# Anyone own the Charbroil Big Easy SRG?



## daddycreswell (Jun 16, 2015)

I was at the Bargain Hunt today and noticed that they had a Charbroil The Big Easy SRG for 125.00, compared to 250-300.00. Been doing a  little reading on it and it looks to work pretty good. Anyone here ever use one? I think I found my father days present. Let me know if you like it. Thanks


----------



## daddycreswell (Jun 16, 2015)

Guess not, from what I've read these things are popular and they can't keep them in stock. I think I'll pick it up being so cheap if everything is there.

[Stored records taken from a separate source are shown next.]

//! Tables of the coordinates after a turn.
ghost use Rattle.std.specs.Prelude.{◌≡◌, ◌<◌, IfOk};
ghost use Rattle.niss_moves.specs.Canonical.{turn_order};
ghost use Rattle.niss_cube.specs.Coordinates.{count_of, standard_axis};
ghost use Rattle.niss_cube.specs.AfterTurn.{AreMoveRows, IsRankAfter, turn_number};
ghost use Rattle.niss_cube.specs.declared.cube.coordinate.Coordinate as kinds;
ghost use Rattle.niss_cube.specs.declared.cube.coordinate.Coordinate.TheVariants.{Flip, Twist, Slice};

use crate::cube::coordinate::Coordinate;
use crate::out_of_memory::OutOfMemory;
use niss_moves::{Axis, Turn, turn_order};
use std::alloc::{Allocator, Global};
use std::marker::Model;

/// The place of a turn among the 18, in turn order.
#[inline(always)]
fn turn_number(turn: Turn) -> usize
    ensures { result ≡ turn_number turn }
{
    3 * turn.face as usize + turn.power as usize
}

/// The ranks of a coordinate after a turn. The rank of a turned cube follows from its rank before the turn alone, so there
/// is a row for each rank, and one table serves the three axes.
#[derive(Drop)]
pub struct TurnTable<A: Allocator = Global> {
    coordinate: Coordinate,
    // of each rank the ranks after the 18 turns, on the standard axis
    rows: Vec<[u16; 18], A>,
}

impl<A: Allocator> Model for TurnTable<A> {
    ghost Value = { kinds.Coordinate };

    ghost view = { λ t. t.coordinate };

    ghost invariant = { λ t. AreMoveRows t.coordinate (standard_axis t.coordinate) turn_order t.rows.items };
}

impl<A: Allocator> TurnTable<A> {
    /// Builds the table of a coordinate, 36 bytes for each of its ranks. If the allocator refuses memory nothing is kept.
    pub fn build_in(alloc: A, coordinate: Coordinate) -> Result<TurnTable<A>, OutOfMemory>
        ensures { IfOk result (λ table. table ≡ coordinate) }
    {
        let Ok(mut rows) = Vec::from_elem(alloc, [0; 18], coordinate.count()) else {
            return Err(OutOfMemory);
        };
        coordinate.fill_move_rows(coordinate.standard_axis(), turn_order(), &mut rows);
        Ok(TurnTable { coordinate, rows })
    }

    /// The rank on an axis after a turn of any cube that has this rank before it; both are below the coordinate's `count`.
    #[inline(always)]
    pub fn next(&self, axis: Axis, rank: u16, turn: Turn) -> u16
        requires { rank < count_of self.now }
        ensures { IsRankAfter self.now axis rank turn result }
    {
        let standard = self.coordinate.standard_turn(axis, turn);
        self.rows[rank as usize][turn_number(standard)]
    }
}

/// The tables of the three coordinates.
#[derive(Drop)]
pub struct TurnTables<A: Allocator = Global> {
    flips: TurnTable<A>,
    twists: TurnTable<A>,
    slices: TurnTable<A>,
    ghost are_flips: { flips ≡ Flip },
    ghost are_twists: { twists ≡ Twist },
    ghost are_slices: { slices ≡ Slice },
}

impl TurnTables {
    /// Builds the tables, of 170,280 bytes in all. If the allocator refuses one of the three it returns `OutOfMemory`, and
    /// what was taken before is given back.
    pub fn build(alloc: Global) -> Result<TurnTables, OutOfMemory> {
        TurnTables::build_in(alloc)
    }
}

impl<A: Allocator> TurnTables<A> {
    /// `build` over any allocator, for a caller that has a heap of its own, or that refuses growths.
    pub fn build_in(alloc: A) -> Result<TurnTables<A>, OutOfMemory>
    where
        A: Copy,
    {
        Ok(TurnTables {
            flips: TurnTable::build_in(alloc, Coordinate::Flip)?,
            twists: TurnTable::build_in(alloc, Coordinate::Twist)?,
            slices: TurnTable::build_in(alloc, Coordinate::Slice)?,
        })
    }

    /// The rank of the flips on an axis, below 2048, after a turn of any cube that has this rank before it.
    #[inline(always)]
    pub fn next_flip(&self, axis: Axis, rank: u16, turn: Turn) -> u16
        requires { rank < 2048 }
        ensures { IsRankAfter Flip axis rank turn result }
    {
        self.flips.next(axis, rank, turn)
    }

    /// The rank of the twists on an axis, below 2187, after a turn of any cube that has this rank before it.
    #[inline(always)]
    pub fn next_twist(&self, axis: Axis, rank: u16, turn: Turn) -> u16
        requires { rank < 2187 }
        ensures { IsRankAfter Twist axis rank turn result }
    {
        self.twists.next(axis, rank, turn)
    }

    /// The rank of the slice on an axis, below 495, after a turn of any cube that has this rank before it.
    #[inline(always)]
    pub fn next_slice(&self, axis: Axis, rank: u16, turn: Turn) -> u16
        requires { rank < 495 }
        ensures { IsRankAfter Slice axis rank turn result }
    {
        self.slices.next(axis, rank, turn)
    }
}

Sent from my dumb apple products my work makes me use.


----------



## themandlj32 (Jun 16, 2015)

I've got an electric big easy. I love it. I primarily use it to make whole birds.  You will find it puts a nice smoke and will crisp skin of a bird nicely. For the price you've found it for I would say get it.


----------



## daddycreswell (Jun 16, 2015)

Themandlj32 said:


> I've got an electric big easy. I love it. I primarily use it to make whole birds.  You will find it puts a nice smoke and will crisp skin of a bird nicely. For the price you've found it for I would say get it.



Yea I picked it up the evening, it the propane model. Came with extra racks and the khob rack. Seasoning as I type. Going to try it out tomorrow. Thinking about dropping a couple of small chickens in and cooking them. I couldn't pass up the price.


----------



## albert rivera (Jun 16, 2015)

We are talkin' "infrared", super hot, super fast, n flare-ups, no dry meat!

I have the 4 burner infrared commercial and the srg gas grill.... love both!

SRG things to watch: 1) lid up or down during different phases of cook  2)  how hot can you stand the heat, IT IS HOT!

Think Pizza

Think Crown roast

Think Ribs

Think Prime rib

Think hot wings

Think hamburgers for 2

THINK SMOKER, ROASTER, GRILL

Think WONDERFUL VERSATILE GRILL!


----------



## themandlj32 (Jun 16, 2015)

Congrats on the purchase. You'll love it. You'll get great color on those birds. Just make sure you line the holes up correctly to ensure the smoke gets into the chamber. I didn't line mine up during the first use and found myself getting very frustrated. Lol congrats once again!


----------



## daddycreswell (Jun 22, 2015)

I did 3 rib eyes and some tender tonight, with corn on the cob. Yummy. I want to do some chicken legs and thighs tomorrow night, any idea of how long this will take?



Sent from my dumb apple products my work makes me use.


----------